Obs: The sets are actually represented by two variables containing the initial and the final position of the array part that correspondends either the elements are smaller than the pivot and the elements are higher than the pivot. The whole division are happening in place, what means no new array is created on process. The difference of the sequential for the parallel is in the parallel version more than one array is created where the elements are divided equally between them (sorted as the sequential case). For the junction of elements in the parallel case the algorithm merge was used.

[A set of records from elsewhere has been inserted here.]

// Sessions that move the stamps of disks by a century, as transcripts.
use crate::transcript::check_sessions;
use crate::trial::{Trial, check_trials};
use std::test::Fail;

// Stamps of 1900, 1969, 1970 and 1999, and of 29 February 1900, by pivots. What was moved stays where the stamps are moved again.
const MOVED: &str = "# one file, last century
> LISTFILE A FILE A (FULLDATE NOHEADER
A        FILE     A1 V     5        1        1 01/01/1900 00:00:02
R;
> CENTURY A
R;
> LISTFILE A FILE A (FULLDATE NOHEADER
A        FILE     A1 V     5        1        1 01/01/2000 00:00:02
R;
> TYPE A FILE A
HELLO
R;
# five files, dated
> century a 0
R;
> L * FILE A (FULLDATE NOHEADER
A        FILE     A1 V     5        1        1 01/01/1900 00:00:00
B        FILE     A1 V     5        1        1 07/20/1969 20:17:40
C        FILE     A1 V     5        1        1 01/01/1970 00:00:00
D        FILE     A1 V     5        1        1 12/31/1999 23:59:59
E        FILE     A1 V     5        1        1 02/29/1900 23:59:59
R;
# five files, dated
> CENTURY A
R;
> L * FILE A (FULLDATE NOHEADER
A        FILE     A1 V     5        1        1 01/01/2000 00:00:00
B        FILE     A1 V     5        1        1 07/20/2069 20:17:40
C        FILE     A1 V     5        1        1 01/01/1970 00:00:00
D        FILE     A1 V     5        1        1 12/31/1999 23:59:59
E        FILE     A1 V     5        1        1 02/29/2000 23:59:59
R;
> CENTURY A 70
R;
> L B FILE A (FULLDATE NOHEADER
B        FILE     A1 V     5        1        1 07/20/2069 20:17:40
R;
> CENTURY A 071
R;
> L * FILE A (FULLDATE NOHEADER
A        FILE     A1 V     5        1        1 01/01/2000 00:00:00
B        FILE     A1 V     5        1        1 07/20/2069 20:17:40
C        FILE     A1 V     5        1        1 01/01/2070 00:00:00
D        FILE     A1 V     5        1        1 12/31/1999 23:59:59
E        FILE     A1 V     5        1        1 02/29/2000 23:59:59
R;
> TYPE D FILE A
HELLO
R;
# five files, dated
> CENTURY A 100
R;
> L * FILE A (FULLDATE NOHEADER
A        FILE     A1 V     5        1        1 01/01/2000 00:00:00
B        FILE     A1 V     5        1        1 07/20/2069 20:17:40
C        FILE     A1 V     5        1        1 01/01/2070 00:00:00
D        FILE     A1 V     5        1        1 12/31/2099 23:59:59
E        FILE     A1 V     5        1        1 02/29/2000 23:59:59
R;
> CENTURY A 100
R;
> L D FILE A (FULLDATE NOHEADER
D        FILE     A1 V     5        1        1 12/31/2099 23:59:59
R;
# empty: 191,512,rw,A
> CENTURY A
R;
! Done arrrinwswsoi 1
# five files, dated
@ P
| &TRACE OFF
| CENTURY A 99
| &TYPE &RETCODE
| CENTURY A 101
| &TYPE &RETCODE
> P
0
CMS070E Operand 101 is not valid
24
R;
> L D FILE A (FULLDATE NOHEADER
D        FILE     A1 V     5        1        1 12/31/1999 23:59:59
R;
";

// Operands, and disks that aren't written. A whole new directory and map have no room on a full disk.
const REFUSED: &str = "# five files, dated: 191,512,rw,A
> CENTURY
CMS054E Operand is missing
R(00024);
> CENTURY *
CMS048E Mode * is not valid
R(00024);
> CENTURY A1
CMS048E Mode A1 is not valid
R(00024);
> CENTURY A 101
CMS070E Operand 101 is not valid
R(00024);
> CENTURY A -1
CMS070E Operand -1 is not valid
R(00024);
> CENTURY A X
CMS070E Operand X is not valid
R(00024);
> CENTURY A 70 70
CMS070E Operand 70 is not valid
R(00024);
> CENTURY A (DATE
CMS003E Option DATE is not valid
R(00024);
> CENTUR A
CMS001E Unknown command CENTUR
R(-0003);
> CENTURY B
CMS069E Disk B is not accessed
R(00036);
> L B FILE A (FULLDATE NOHEADER
B        FILE     A1 V     5        1        1 07/20/1969 20:17:40
R;
# five files, dated: 191,512,ro,A
> CENTURY A 101
CMS070E Operand 101 is not valid
R(00024);
> CENTURY A
CMS037E Disk A is read-only
R(00036);
# full: 191,512,rw,A
> CENTURY A
CMS107E Disk A is full, 1 blocks needed, 0 free
R(00100);
> CENTURY A 0
CMS107E Disk A is full, 1 blocks needed, 0 free
R(00100);
# long directory: 191,512,rw,A
> CENTURY A
CMS107E Disk A is full, 3 blocks needed, 1 free
R(00100);
> TYPE G FILE A
HELLO
R;
# wide, four free: 191,512,rw,A
> CENTURY A
CMS107E Disk A is full, 6 blocks needed, 4 free
R(00100);
# wide, five free: 191,512,rw,A
> CENTURY A
CMS107E Disk A is full, 6 blocks needed, 5 free
R(00100);
";

#[test]
fn stamps_are_moved_and_kept(rt: HostRuntime) -> Result<(), Fail> {
    check_sessions(&rt, rt.alloc(), &[MOVED, REFUSED])
}

// All of a directory of two blocks below a pointer block is written anew.
const LONG: Trial = Trial {
    images: "long directory on 20, before 2000",
    words: "191,512,rw,A",
    transcript: "> CENTURY A
R;
> L G FILE A (FULLDATE NOHEADER
G        FILE     A1 V     5        1        1 01/01/2000 00:00:00
R;
",
    // the attaching; the opening reads the label, three blocks of the directory, the map and the records' lengths; the script and the
    // turn; both data blocks of the directory, its pointer block and the map, a sync, the label and a sync
    calls: b"arrrrrrrrrrrrinwwwwswsonooi",
    look: ["191,512,ro,A", "L * FILE A (FULLDATE NOHEADER\n"],
    states: "# old
A        FILE     A1 V     5        1        1 01/01/1900 00:00:00
B        FILE     A1 V     5        1        1 01/01/1900 00:00:00
C        FILE     A1 V     5        1        1 01/01/1900 00:00:00
D        FILE     A1 V     5        1        1 01/01/1900 00:00:00
E        FILE     A1 V     5        1        1 01/01/1900 00:00:00
F        FILE     A1 V     5        1        1 01/01/1900 00:00:00
G        FILE     A1 V     5        1        1 01/01/1900 00:00:00
R;
# new
A        FILE     A1 V     5        1        1 01/01/2000 00:00:00
B        FILE     A1 V     5        1        1 01/01/2000 00:00:00
C        FILE     A1 V     5        1        1 01/01/2000 00:00:00
D        FILE     A1 V     5        1        1 01/01/2000 00:00:00
E        FILE     A1 V     5        1        1 01/01/2000 00:00:00
F        FILE     A1 V     5        1        1 01/01/2000 00:00:00
G        FILE     A1 V     5        1        1 01/01/2000 00:00:00
R;
",
    // the label is written in event 8
    moments: "# 0 7 old old old old
# 8 8 old new old new
# 9 14 new new new new
",
    // the unit is in doubt from the label's write on
    faults: "# 1 1 old old
# 2 13 old old
CMS069E Disk A is not accessed
R(00036);
CMS069E Disk A is not accessed
R(00036);
# 14 15 old old
# 16 20 old old
CMS105E Device fault on 191
R(00100);
G        FILE     A1 V     5        1        1 01/01/1900 00:00:00
R;
# 21 21 old old dropped
CMS105E Device fault on 191
R(00100);
CMS069E Disk A is not accessed
R(00036);
# 21 22 old new
CMS105E Device fault on 191
R(00100);
CMS069E Disk A is not accessed
R(00036);
# 23 27 new new
",
};

#[test]
fn a_crash_leaves_all_stamps_or_none(rt: HostRuntime) -> Result<(), Fail> {
    check_trials(&rt, rt.alloc(), &[LONG])
}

The speedup obtained was higher than the theoric, it means with two threads the speeedup achieved was more than 2x compared to the sequential version (3x to be more precise) and with 4 threads the speedup was 10x.
The computer where I ran the threads is a 4 cores machine (Phenom II X4) running Ubuntu Linux 10.04, 64 bits if I am not wrong. The compiler is gcc 4.4 and no flags were passed for the compiler with exception of the inclusion of library pthread for the parallel implementation;
So, does someone know the reason for the superlinear speedup achieved? Can someone give some any pointer, please?
It would really be best to use some performance analyzer to dig into
this in more detail, but my first guess is that this kind of super
linear speed up is caused by the fact that you get more cache space
if you add threads. In that way, more data will be read from cache.
Since the cost of a memory transfer is really high, this can easily
improve performance.
Are you using Amdahl's law to evaluate your maximum speedup ?
Hope this helps.
If you see a 3x speedup with two threads versus one, and a 10x speedup with four threads versus one, something fishy is going on.
Amdahl's law states that speedup is 1/(1-P+P/S), where P is the portion of the algorithm which is parallel and S is the speedup factor of the parallel portion. Assuming that S=4 for four cores (the best possible result), we find that P=2.5, which is impossible (it has to be between 0 and 1, inclusive).
Put another way, if you could get a 10x improvement with 4 cores, then you could simply use one core to simulate four cores and still get a 2.5x improvement (or thereabouts).
Put yet another way, four cores over one second perform fewer operations than one core over ten seconds. So the parallel version is actually performing fewer operations, and if that is the case there is no reason why the serial version couldn't also perform fewer operations.
Possible conclusions:
Something could be wrong with your sequential version. Perhaps it is optimized poorly.
Something could be wrong with your parallel versions. They could be incorrect.
The measurement could be performed incorrectly. This is quite common.
Impossible conclusions:
This algorithm scales superlinearly.